Clients of INFLCR will also have attestation software to store regulations within the settings of their INFLCR Verified account so that student athletes and vendors can attest to each key point of the institutions NIL regulations during their disclosure process on the INFLCR app.
University of Florida goes public with its NIL rules
The University of Florida was the first school spotted as having posted NIL rules on its website today ahead of the state’s legislation going into effect July 1.

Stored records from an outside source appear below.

ghost use Rattle.std.specs.Prelude.{◌≡◌, ◌⊎◌, IfErr, IfOk, IfSome, is_some, option_map};
ghost use Rattle.cml_arguments.specs.Words.{IsDepth};
ghost use Rattle.cml_hub.specs.Kept.{IsAtStart, IsBudget, IsWatch};
ghost use Rattle.cml_host.specs.{Closed.{plain_asked}, Replies.{Replies, behind, passage, plain_of, runs_out}, Scripts.{plain_script}, Stores.{Shelf}};
ghost use Rattle.cml_host.specs.Running.{BegunOutcome, EndTold, IsEnded, IsStoppedIf, OrderedOutcome, PlainSaving, ProgramOutcome, RunOutcome, ScriptOutcome, SomehowOutcome, WantedOutcome, plain_saving, wanted_of};
ghost use Rattle.cml_host.specs.declared.refusal.Refusal.TheVariants.{Memory};
ghost use Rattle.cml_work.specs.Works.{IsWorkerCount};

use crate::close::{Asked, ask, is_explained};
use crate::order::order_said;
use crate::picture::{Wanted, wanted_from, with_picture};
use crate::refusal::Refusal;
use crate::reply::{Reply, carry_out};
use crate::script::{Script, open_script};
use crate::servers::find_servers;
use crate::store::Store;
use crate::tell::{close_reply, hub_is_a_run, let_go, stop};
use crate::wanted::{ALONE, find_properties};
use crate::workers::run_hub;
use cml_arguments::RunOptions;
use cml_check::Prog;
use cml_explore::Order;
use cml_explore::seed::seed_run;
use cml_hub::Hub;
use cml_judge::stopped_hub;
use cml_properties::Property;
use cml_stream::Counting;
use cml_work::Gate;
use std::alloc::{AllocError, Global};
use std::io::Write;
use std::sync::Wait;
use std::thread::Threads;

/// What is to be saved of a run.
#[derive(Clone, Copy)]
pub struct Saving<'a> {
    /// The name of its schedule, where it is asked for.
    pub schedule: Option<&'a str>,
    /// Its picture, where it is asked for.
    pub picture: Option<Wanted<'a>>,
}

/// Runs the script that lies under the name, and explains what is wrong with it and how its run ended, where that is asked for.
pub fn run_file<R, G, O, E, S>(
    rt: &R,
    alloc: Global,
    gate: &G,
    options: &RunOptions<'_>,
    explains: bool,
    out: &mut Counting<'_, O>,
    err: &mut Counting<'_, E>,
    store: &mut S,
) -> u8
where
    R: Threads + Wait + Sync,
    G: Gate + Sync,
    O: Write,
    E: Write + Send,
    S: Store,
    requires counts { IsWorkerCount options.now.workers × IsBudget options.now.steps × IsWatch options.now.watch }
    requires depth { IfSome options.now.priority IsDepth }
    requires fresh { err.old.failed ≡ 0 }
    ensures ran { let output = passage O.contents out.old out.new in
        let errors = passage E.contents err.old err.new in
        let shelf : Shelf = record { before = S.holds store.old; after = S.holds store.new } in
        RunOutcome options.now explains output errors shelf result }
    ensures same_out { out.new.stream.ghost_name ≡ out.old.stream.ghost_name }
    ensures same_err { err.new.stream.ghost_name ≡ err.old.stream.ghost_name }
{
    match open_script(alloc, options.file, explains, store) {
        Ok(script) => run_wanted(rt, alloc, gate, script, options, explains, out, err, store),
        Err(why) => carry_out(alloc, "", &Err(why), out, err, store),
    }
}
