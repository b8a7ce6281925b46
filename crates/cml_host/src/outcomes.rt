//! What every schedule gives, in a form that a program reads.

ghost use Rattle.std.specs.{Prelude.{◌≡◌, ◌++◌, ◌∷◌, [], IfOk, List, OnOk, map, option_map, ℕ}, BTreeMap.{IsOrdered}, Cmp.Lexicographic.{slice_cmp}, Ordering.{nat_cmp}, String.{string_bytes}};
ghost use Rattle.cml_explore.specs.Outcomes.{plain_outcome};
ghost use Rattle.cml_json.specs.Json as json;
ghost use Rattle.cml_host.specs.Outcomes.{AreFound, AreOutcomes, GivesText, Notes, plain_outcome_told, entry_told};
ghost use Rattle.cml_host.specs.Outcomes as spec;
ghost use Rattle.cml_host.specs.Replies.{plain_file};
ghost use Rattle.cml_text.specs.Lines.{lines};

use crate::explore::class_file;
use crate::reply::File;
use cml_check::Prog;
use cml_explore::{Outcome, ThreadEnd, outcome_by};
use cml_hub::Item;
use cml_json::{array, json_string};
use cml_text::Lines;
use std::alloc::{AllocError, Global};
use std::collections::BTreeMap;

// The budget that a schedule says that is saved. A replay goes on behind it, and an end is the same under any.
const BUDGET: u64 = 1_000_000;

/// An outcome, and a schedule that gives it.
#[derive(Drop)]
pub struct OutcomeTold {
    /// What is printed and how the threads are left, as two members of an object.
    pub text: Vec<u8>,
    /// The schedule.
    pub schedule: Vec<Item>,
}

// Schedules by the text of what they give.
type ByText = BTreeMap<Vec<u8>, Vec<Item>>;

// The name of an end.
fn end_name(end: ThreadEnd) -> &'static str
    ensures { result.now ≡ spec.end_name end }
{
    match end {
        ThreadEnd::Ended => "ended",
        ThreadEnd::Waits => "waits",
        ThreadEnd::Fault => "fault",
    }
}

// Appends the text of a string.
fn push_string(alloc: Global, texts: &mut Vec<Vec<u8>>, bytes: &[u8]) -> Result<(), AllocError>
    ensures { OnOk result (map (λ one. one.items) texts.new.items ≡ map (λ one. one.items) texts.old.items ++ json.json_string bytes.now ∷ []) }
{
    let text = json_string(alloc, bytes)?;
    texts.push(text)?;
    Ok(())
}

// The texts of the lines of an output.
fn line_texts(alloc: Global, output: &[u8]) -> Result<Vec<Vec<u8>>, AllocError>
    ensures { IfOk result (λ texts. map (λ one. one.items) texts.items ≡ map json.json_string (lines output.now)) }
{
    let mut texts = Vec::new(alloc);
    let mut all = Lines::new(output);
    while let Some((_, line)) = all.next() {
        push_string(alloc, &mut texts, line)?;
    }
    Ok(texts)
}

// The texts of the ends of threads.
fn end_texts(alloc: Global, ends: &[ThreadEnd]) -> Result<Vec<Vec<u8>>, AllocError>
    ensures { IfOk result (λ texts. map (λ one. one.items) texts.items ≡ map (λ end. json.json_string (spec.end_name end)) ends.now) }
{
    let mut texts = Vec::new(alloc);
    for end in ends {
        push_string(alloc, &mut texts, end_name(*end).as_bytes())?;
    }
    Ok(texts)
}

// The list of the lines of an output.
fn lines_text(alloc: Global, output: &[u8]) -> Result<Vec<u8>, AllocError>
    ensures { IfOk result (λ text. text.items ≡ spec.lines_text output.now) }
{
    let texts = line_texts(alloc, output)?;
    array(alloc, texts.as_slice())
}

// The list of the ends of threads.
fn ends_text(alloc: Global, ends: &[ThreadEnd]) -> Result<Vec<u8>, AllocError>
    ensures { IfOk result (λ text. text.items ≡ spec.ends_text ends.now) }
{
    let texts = end_texts(alloc, ends)?;
    array(alloc, texts.as_slice())
}

// The text of what a schedule gives.
fn outcome_text(alloc: Global, outcome: &Outcome) -> Result<Vec<u8>, AllocError>
    ensures { IfOk result (λ text. text.items ≡ spec.outcome_text (plain_outcome outcome.now)) }
{
    let lines = lines_text(alloc, outcome.output.as_slice())?;
    let threads = ends_text(alloc, outcome.threads.as_slice())?;
    let mut text = Vec::new(alloc);
    text.extend_from_slice(b"\"lines\":")?;
    text.extend_from_slice(lines.as_slice())?;
    text.extend_from_slice(b",\"threads\":")?;
    text.extend_from_slice(threads.as_slice())?;
    Ok(text)
}

// Whether this schedule, if there is one, has no more items than so many.
fn is_as_short(known: Option<&Vec<Item>>, items: usize) -> bool
    ensures { result ≡ spec.is_as_short (option_map (λ schedule. schedule.now.items) known.entry) items }
{
    match known {
        Some(schedule) => schedule.len() <= items,
        None => false,
    }
}

// Keeps the schedule by what it gives, unless one is kept that gives that and has no more items.
fn note(alloc: Global, found: &mut ByText, text: Vec<u8>, items: &[Item]) -> Result<(), AllocError>
    ensures { OnOk result (Notes found.old text.items items.now found.new) }
{
    if is_as_short(found.get(&text), items.len()) {
        return Ok(());
    }
    let schedule = Vec::from_slice(alloc, items)?;
    found.insert(text, schedule)?;
    Ok(())
}

// Keeps the schedule by what it gives.
fn add(alloc: Global, found: &mut ByText, program: &Prog, items: &[Item]) -> Result<(), AllocError>
    ensures { OnOk result ((text : List ℕ) × GivesText program.now items.now text × Notes found.old text items.now found.new) }
{
    let outcome = outcome_by(alloc, program, items)?;
    let text = outcome_text(alloc, &outcome)?;
    drop(outcome);
    note(alloc, found, text, items)
}

// A schedule for all that these give.
fn find(alloc: Global, program: &Prog, schedules: &[Vec<Item>]) -> Result<ByText, AllocError>
    ensures { IfOk result (AreFound program.now (map (λ schedule. schedule.items) schedules.now)) }
{
    let mut found = BTreeMap::new(alloc);
    for schedule in schedules {
        add(alloc, &mut found, program, schedule.as_slice())?;
    }
    Ok(found)
}

// Those that were found, as a list.
fn listed(alloc: Global, found: ByText) -> Result<Vec<OutcomeTold>, AllocError>
    ensures told { IfOk result (λ told. map plain_outcome_told told.items ≡ map entry_told found.entries) }
    ensures ordered { IsOrdered (λ x y. slice_cmp nat_cmp x.items y.items) found }
{
    let mut told = Vec::new(alloc);
    for (text, schedule) in found {
        told.push(OutcomeTold { text, schedule })?;
    }
    Ok(told)
}

/// What these schedules of the program give, each once, in order, with a schedule that has no more items than any other of these that gives the
/// same.
///
/// # Errors
/// Out of memory; or one of the schedules leads nowhere.
pub fn gather_outcomes(
    alloc: Global,
    program: &Prog,
    schedules: &[Vec<Item>],
) -> Result<Vec<OutcomeTold>, AllocError>
    ensures { IfOk result (λ told. AreOutcomes program.now (map (λ schedule. schedule.items) schedules.now) (map plain_outcome_told told.items)) }
{
    let found = find(alloc, program, schedules)?;
    listed(alloc, found)
}

// Appends the line of an outcome.
fn push_told(alloc: Global, text: &mut Vec<u8>, told: &OutcomeTold) -> Result<(), AllocError>
    ensures { OnOk result (text.new.items ≡ text.old.items ++ spec.told_line (plain_outcome_told told.now)) }
{
    let items = told.schedule.len();
    let behind = format!(in alloc; ",\"items\":{items}}}\n")?;
    text.push(b'{')?;
    text.extend_from_slice(told.text.as_slice())?;
    text.extend_from_slice(behind.as_bytes())
}

// The last line: how many states there are, and whether every schedule was examined.
fn search_line(alloc: Global, states: usize, reach: Option<usize>) -> Result<String, AllocError>
    ensures { IfOk result (λ line. string_bytes line ≡ spec.search_line states reach) }
{
    match reach {
        None => format!(in alloc; "{{\"states\":{states},\"whole\":true}}\n"),
        Some(items) => {
            format!(in alloc; "{{\"states\":{states},\"whole\":false,\"items\":{items}}}\n")
        }
    }
}

/// A line for each of these outcomes, and one for the search.
///
/// # Errors
/// Out of memory.
pub fn outcomes_text(
    alloc: Global,
    told: &[OutcomeTold],
    states: usize,
    reach: Option<usize>,
) -> Result<Vec<u8>, AllocError>
    ensures { IfOk result (λ text. text.items ≡ spec.outcomes_text (map plain_outcome_told told.now) states reach) }
{
    let mut text = Vec::new(alloc);
    for one in told {
        push_told(alloc, &mut text, one)?;
    }
    let last = search_line(alloc, states, reach)?;
    text.extend_from_slice(last.as_bytes())?;
    Ok(text)
}

// A file of the schedule of each of these outcomes.
fn files_of(
    alloc: Global,
    program: &Prog,
    start: &str,
    told: &[OutcomeTold],
) -> Result<Vec<File>, AllocError>
    ensures { IfOk result (λ files. map plain_file files.items ≡ spec.files_of start.now program.now 1 (map plain_outcome_told told.now)) }
{
    let mut files = Vec::new(alloc);
    for index in 0..told.len() {
        let items = told[index].schedule.as_slice();
        let file = class_file(alloc, program, BUDGET, start, index + 1, items)?;
        files.push(file)?;
    }
    Ok(files)
}

/// The same, where that is asked for.
///
/// # Errors
/// Out of memory.
pub fn outcome_files(
    alloc: Global,
    program: &Prog,
    start: Option<&str>,
    told: &[OutcomeTold],
) -> Result<Vec<File>, AllocError>
    ensures { let start = option_map (λ start. start.now) start.entry in
        IfOk result (λ files. map plain_file files.items ≡ spec.outcome_files start program.now (map plain_outcome_told told.now)) }
{
    match start {
        Some(start) => files_of(alloc, program, start, told),
        None => Ok(Vec::new(alloc)),
    }
}
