//! The command `verify`: every schedule of a script is examined, and it is told how they end.

ghost use Rattle.std.specs.{Prelude.{◌≡◌, ◌<◌, [], IfErr, IfOk, Some, length, map, option_map, true}, List.{All}};
ghost use Rattle.cml_explore.specs.{Ends.{AreEndsTold}, FaultsTold.{AreFaultsTold}};
ghost use Rattle.cml_host.specs.{Refused.{RefusesAs}, Replies.{plain_file, plain_of, plain_reply}, Scripts.{plain_script}, Stores.{IsUnchanged}};
ghost use Rattle.cml_host.specs.Outcomes.{PlainOutcomeTold, plain_outcome_told};
ghost use Rattle.cml_host.specs.Verified.{IsAstray, IsExamined, IsSearched, ProgramVerified, ScriptVerified, TellsOutcomes, VerdictTold, VerifyOutcome, end_files, ends_of, ends_start, faults_of, unending_of};
ghost use Rattle.cml_host.specs.Verified as spec;
ghost use Rattle.cml_json.specs.Verdicts.{verify_json as found_json};
ghost use Rattle.cml_phrase.specs.Spots.{all_places};
ghost use Rattle.cml_step.specs.Calls.{text_of};
ghost use Rattle.cml_verify.specs.{Verdicts.{IsVerdict}, Faults.{AreFaults, IsUnending}};

use crate::explore::class_files;
use crate::outcomes::{OutcomeTold, gather_outcomes, outcome_files, outcomes_text};
use crate::refusal::Refusal;
use crate::reply::{File, Reply};
use crate::script::{Script, open_script};
use crate::servers::find_servers;
use crate::store::Store;
use cml_arguments::VerifyOptions;
use cml_check::Prog;
use cml_explore::{
    Classes, EndsTold, Explored, FaultTold, gather_ends, tell_ends, tell_faults, write_ends,
    write_faulted,
};
use cml_facts::ending::push_many;
use cml_json::{Verified, verify_json};
use cml_verify::{Gap, Verdict, outcomes, verify};
use std::alloc::{AllocError, Global};

// The status where something bad was found.
const UNWELL: u8 = 6;

// The status where the bound was reached.
const BOUNDED: u8 = 4;

// The budget that a schedule says that is saved. A replay goes on behind it, and an end is the same under any.
const BUDGET: u64 = 1_000_000;

// What was found of every schedule.
#[derive(Drop)]
struct Examined {
    // Up to how many items the schedules were examined, if not all were.
    reach: Option<usize>,
    // Whether nothing bad was found.
    clean: bool,
    // The runs to the ends, in classes of those that ended alike.
    made: Explored,
    // What is told of the classes.
    told: EndsTold,
    // What is written.
    said: Vec<u8>,
}

/// Examines every schedule of the script that lies under its name, up to so many states, and tells how they end, or what they give, with a file of
/// a shortest schedule to each kind of end, or each outcome, where that is asked for.
///
/// # Errors
/// What is wrong with the script, which is explained; a thread does not stand in the script, which does not come about; or out of memory.
pub fn verify_file<S: Store>(
    alloc: Global,
    options: &VerifyOptions<'_>,
    store: &mut S,
) -> Result<Reply, Refusal>
    requires { 0 < options.now.states }
    ensures told { VerifyOutcome options.now (S.holds store.old) (plain_reply [] result) }
    ensures same { IsUnchanged (S.holds store.old) (S.holds store.new) }
{
    match open_script(alloc, options.script, true, store) {
        Ok(script) => verify_opened(alloc, &script, options),
        Err(why) => Err(why),
    }
}

// Examines the script, where it has the functions that are named as those of servers.
fn verify_opened(
    alloc: Global,
    script: &Script,
    options: &VerifyOptions<'_>,
) -> Result<Reply, Refusal>
    requires { 0 < options.now.states }
    ensures { ScriptVerified options.now (plain_script script.now) (plain_reply [] result) }
{
    match find_servers(alloc, script, options.servers.as_slice()) {
        Ok(servers) => {
            let numbers = servers.as_slice();
            verify_program(alloc, script, options, numbers)
        }
        Err(why) => Err(why),
    }
}

// Examines its program, and tells what was found.
fn verify_program(
    alloc: Global,
    script: &Script,
    options: &VerifyOptions<'_>,
    servers: &[u32],
) -> Result<Reply, Refusal>
    requires bound { 0 < options.now.states }
    ensures told { IfOk result (λ reply. ProgramVerified options.now (plain_script script.now) servers.now (plain_of reply)) }
    ensures err { IfErr result (RefusesAs IsAstray) }
{
    if options.outcomes {
        return tell_outcomes(alloc, script, options, servers);
    }
    let found = examine(alloc, script, options, servers)?;
    Ok(tell_found(alloc, &script.program, options, found)?)
}

// A search of every schedule of the program, which looks at what was printed, or not.
fn search(alloc: Global, program: &Prog, bound: usize, with_output: bool) -> Result<Verdict, Gap>
    requires { 0 < bound }
    ensures ends { IfOk result (λ v. IsVerdict program.now with_output bound v.reach (ends_of v) v.states) }
    ensures faults { IfOk result (λ v. AreFaults (text_of program.now) v.reach (faults_of v)) }
    ensures unending { IfOk result (λ v. IsUnending (text_of program.now) v.reach (unending_of v)) }
{
    if with_output {
        outcomes(alloc, program, bound)
    } else {
        verify(alloc, program, bound)
    }
}

// Why there is no verdict.
fn why_none(gap: Gap) -> Refusal
    ensures { RefusesAs IsAstray result }
{
    match gap {
        Gap::Memory => Refusal::Memory,
        Gap::Unkept => Refusal::Line("foreign thread\n", 1),
    }
}

// A verdict on the program.
fn verdict_on(
    alloc: Global,
    program: &Prog,
    bound: u64,
    with_output: bool,
) -> Result<Verdict, Refusal>
    requires bound { 0 < bound }
    ensures found { IfOk result (IsSearched program.now with_output bound) }
    ensures err { IfErr result (RefusesAs IsAstray) }
{
    match search(alloc, program, bound as usize, with_output) {
        Ok(verdict) => Ok(verdict),
        Err(gap) => Err(why_none(gap)),
    }
}

// Examines every schedule, and tells what each gives.
fn tell_outcomes(
    alloc: Global,
    script: &Script,
    options: &VerifyOptions<'_>,
    servers: &[u32],
) -> Result<Reply, Refusal>
    requires bound { 0 < options.now.states }
    ensures told { IfOk result (λ reply. TellsOutcomes options.now (plain_script script.now) servers.now (plain_of reply)) }
    ensures err { IfErr result (RefusesAs IsAstray) }
{
    let program = &script.program;
    let verdict = verdict_on(alloc, program, options.states, true)?;
    let schedules = verdict.ends.as_slice();
    let made = gather_ends(alloc, program, servers, schedules)?;
    let told = gather_outcomes(alloc, program, schedules)?;
    let clean = is_clean(options.endless, made.is_well(), &verdict);
    let status = verdict_status(verdict.reach, clean);
    drop(made);
    Ok(reply_outcomes(
        alloc,
        program,
        options.save,
        &verdict,
        told.as_slice(),
        status,
    )?)
}

// What is replied of these outcomes, with a schedule of each, where that is asked for.
fn reply_outcomes(
    alloc: Global,
    program: &Prog,
    start: Option<&str>,
    verdict: &Verdict,
    told: &[OutcomeTold],
    status: u8,
) -> Result<Reply, AllocError>
    ensures { let start = option_map (λ start. start.now) start.entry in
        IfOk result (λ reply. plain_of reply ≡ spec.outcomes_reply start program.now verdict.now.states verdict.now.reach (map plain_outcome_told told.now) status) }
{
    let output = outcomes_text(alloc, told, verdict.states, verdict.reach)?;
    let files = outcome_files(alloc, program, start, told)?;
    Ok(Reply {
        output,
        files,
        words: Vec::new(alloc),
        status,
    })
}

// Examines every schedule. What is told is made before anything is written.
fn examine(
    alloc: Global,
    script: &Script,
    options: &VerifyOptions<'_>,
    servers: &[u32],
) -> Result<Examined, Refusal>
    requires bound { 0 < options.now.states }
    ensures found { IfOk result (λ found. IsExamined (plain_script script.now) options.now servers.now found.reach found.clean found.made found.told found.said.items) }
    ensures below { IfOk result (λ found. All (λ n. n < length found.made.classes) found.told.order.items) }
    ensures err { IfErr result (RefusesAs IsAstray) }
{
    let verdict = verdict_on(alloc, &script.program, options.states, false)?;
    let made = gather_ends(alloc, &script.program, servers, verdict.ends.as_slice())?;
    let told = ends_told(alloc, script, servers, &made)?;
    let faults = faults_told(alloc, script, &verdict)?;
    let clean = is_clean(options.endless, made.is_well(), &verdict);
    let found = Verified {
        name: options.script,
        forms: script.forms.as_slice(),
        servers,
        states: verdict.states,
        reach: verdict.reach,
        ends: &told,
        faults: faults.as_slice(),
        unending: unending_items(&verdict),
        clean,
    };
    let said = written(alloc, options, &found)?;
    Ok(Examined {
        reach: verdict.reach,
        clean,
        made,
        told,
        said,
    })
}

// What is told of the ends.
fn ends_told(
    alloc: Global,
    script: &Script,
    servers: &[u32],
    made: &Explored,
) -> Result<EndsTold, AllocError>
    ensures told { IfOk result (AreEndsTold (all_places script.now.text.items script.now.forms.items) script.now.program servers.now made.now.classes) }
    ensures below { IfOk result (λ told. All (λ n. n < length made.now.classes) told.order.items) }
{
    let text = script.text.as_slice();
    let forms = script.forms.as_slice();
    tell_ends(alloc, text, forms, &script.program, servers, made.classes())
}

// What is told of the faults.
fn faults_told(
    alloc: Global,
    script: &Script,
    verdict: &Verdict,
) -> Result<Vec<FaultTold>, AllocError>
    ensures { IfOk result (λ told. AreFaultsTold (all_places script.now.text.items script.now.forms.items) script.now.program (faults_of verdict.now) told.items) }
{
    let text = script.text.as_slice();
    let forms = script.forms.as_slice();
    tell_faults(
        alloc,
        text,
        forms,
        &script.program,
        verdict.faults.as_slice(),
    )
}

// How many items the schedule has that can't go on to an end, if there is one.
fn unending_items(verdict: &Verdict) -> Option<usize>
    ensures { result ≡ option_map length (unending_of verdict.now) }
{
    match &verdict.unending {
        Some(schedule) => Some(schedule.len()),
        None => None,
    }
}

// What was found, as an object, where that is asked for, and else in words.
fn written(
    alloc: Global,
    options: &VerifyOptions<'_>,
    found: &Verified<'_>,
) -> Result<Vec<u8>, AllocError>
    ensures { let v = found.now in
        IfOk result (λ said. options.now.json ≡ true → said.items ≡ found_json v.name.now v.forms.now v.servers.now v.states v.reach v.ends.now v.faults.now v.unending v.clean) }
{
    if options.json {
        verify_json(alloc, found)
    } else {
        say_found(alloc, options.states, found)
    }
}

// The words for what was found, up to so many states.
fn say_found(alloc: Global, bound: u64, found: &Verified<'_>) -> Result<Vec<u8>, AllocError> {
    let mut said = Vec::new(alloc);
    match found.reach {
        None => push_whole(alloc, &mut said, found.name, found.states, found.ends)?,
        Some(most) => push_bound(alloc, &mut said, bound, most)?,
    }
    write_ends(alloc, &mut said, found.forms, found.ends)?;
    write_faulted(alloc, &mut said, found.forms, found.faults)?;
    push_unending(alloc, &mut said, found.unending)?;
    Ok(said)
}

// Appends how many items the schedule has that can't go on to an end, if there is one.
fn push_unending(
    alloc: Global,
    said: &mut Vec<u8>,
    unending: Option<usize>,
) -> Result<(), AllocError> {
    match unending {
        Some(items) => {
            said.extend_from_slice(b"no end   after ")?;
            push_many(alloc, said, " item", " items", items as u64)?;
            said.extend_from_slice(b"\n")
        }
        None => Ok(()),
    }
}

// Appends that every schedule was examined, and how many states there are.
fn push_whole(
    alloc: Global,
    said: &mut Vec<u8>,
    name: &str,
    states: usize,
    told: &EndsTold,
) -> Result<(), AllocError> {
    said.extend_from_slice(b"every schedule of ")?;
    said.extend_from_slice(name.as_bytes())?;
    said.extend_from_slice(b": ")?;
    push_many(alloc, said, " state", " states", states as u64)?;
    if told.classes.is_empty() {
        said.extend_from_slice(b"; none ends")?;
    }
    said.extend_from_slice(b"\n")
}

// Appends that the bound was reached, and which ends are told then.
fn push_bound(
    alloc: Global,
    said: &mut Vec<u8>,
    bound: u64,
    most: usize,
) -> Result<(), AllocError> {
    said.extend_from_slice(b"the bound of ")?;
    push_many(alloc, said, " state", " states", bound)?;
    said.extend_from_slice(b" is reached: ends with schedules of up to ")?;
    push_many(alloc, said, " item", " items", most as u64)?;
    said.extend_from_slice(b" are told; others may be missing\n")
}

// What is told of what was found.
fn tell_found(
    alloc: Global,
    program: &Prog,
    options: &VerifyOptions<'_>,
    found: Examined,
) -> Result<Reply, AllocError>
    requires { All (λ n. n < length found.made.classes) found.told.order.items }
    ensures { IfOk result (λ reply. VerdictTold options.now program.now found.reach found.clean found.made found.told found.said.items (plain_of reply)) }
{
    let status = verdict_status(found.reach, found.clean);
    let Examined {
        reach: _,
        clean: _,
        made,
        told,
        said,
    } = found;
    let files = files_of(
        alloc,
        program,
        options.save,
        made.classes(),
        told.order.as_slice(),
    )?;
    drop(made);
    drop(told);
    Ok(Reply {
        output: said,
        files,
        words: Vec::new(alloc),
        status,
    })
}

// A file of a schedule to each class of ends, where that is asked for.
fn files_of(
    alloc: Global,
    program: &Prog,
    start: Option<&str>,
    classes: &Classes,
    order: &[usize],
) -> Result<Vec<File>, AllocError>
    requires { All (λ n. n < length classes.now) order.now }
    ensures { IfOk result (λ files. map plain_file files.items ≡ end_files (option_map (λ start. start.now) start.entry) program.now classes.now order.now) }
{
    match start {
        Some(start) => class_files(alloc, program, BUDGET, start, classes, order),
        None => Ok(Vec::new(alloc)),
    }
}

// Whether nothing bad was found, where all ends are good, or not.
fn is_clean(endless: bool, well: bool, verdict: &Verdict) -> bool
    ensures { result ≡ spec.is_clean endless well verdict.now }
{
    well && verdict.faults.is_empty() && (endless || verdict.unending.is_none())
}

// The status of what was found.
fn verdict_status(reach: Option<usize>, clean: bool) -> u8
    ensures { result ≡ spec.verdict_status reach clean }
{
    if !clean {
        UNWELL
    } else if reach.is_some() {
        BOUNDED
    } else {
        0
    }
}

Some key aspects of Florida’s rules include:
- Compensation can’t be provided in exchange for athletic performance or attendance at UF
- Opportunities can’t conflict with academic or team related activities
- Rights must be secured from Gator Sports Properties for use of any University or athletic department marks and logos
- Prohibited categories include gambling/sports wagering vendors or any vendors associated with athletic performance enhancing drugs
- Use of any athletic department facilities will require advance approval, including location agreements, waiver of liability forms and applicable rental fees
- All agreements must be disclosed within four days but is expressly not an approval process
- The term of a contract for representation or compensation for the use of a student athlete’s NIL cannot extend beyond participation in athletics at the institution
- Representation must be limited to NIL and may not include future professional athletic contract negotiations
- International student athletes should get guidance from the University of Florida International Student Center before entering any NIL agreements
One rule that stood out was with regards to compensation from boosters. UF’s rule states, “The University of Florida, the athletic department, staff members or boosters may not compensate or arrange compensation to a current or prospective intercollegiate athlete for her or his name, image, likeness.”
At first glance, this appears to go beyond anything that has been contemplated at the state level or even from the NCAA. In fact, from the NCAA’s own draft policy, it’s clear boosters can be involved in compensating student athletes:
“The NCAA Division I Name, Image and Likeness Legislative Solutions Group and the NCAA Division I Council have agreed that boosters should be permitted to engage in NIL-related activities with prospective and enrolled student-athletes. This position is based on the idea that many boosters support intercollegiate athletics in appropriate and beneficial ways and should not be over-regulated to protect against potential bad behavior. Further, in many communities, boosters are prominent commercial actors who engage in business opportunities that would attract student-athletes and benefit from their participation. Precluding booster involvement would unnecessarily restrict opportunities for student-athletes.”
UF’s athletic department clarified later in the day.
However, Heitner, who was involved with the state’s legislation, provided further clarification into what the state law is meant to cover.
Heitner was later asked on Twitter if a booster who owned a car dealership would be precluded from compensating a student athlete for use of their NIL. He said the booster would be precluded individually but the car dealership may be able to make an offer.
Just the first example of many to come with regards to what is—and isn’t—allowed by various state laws and institutional rules. Buckle up.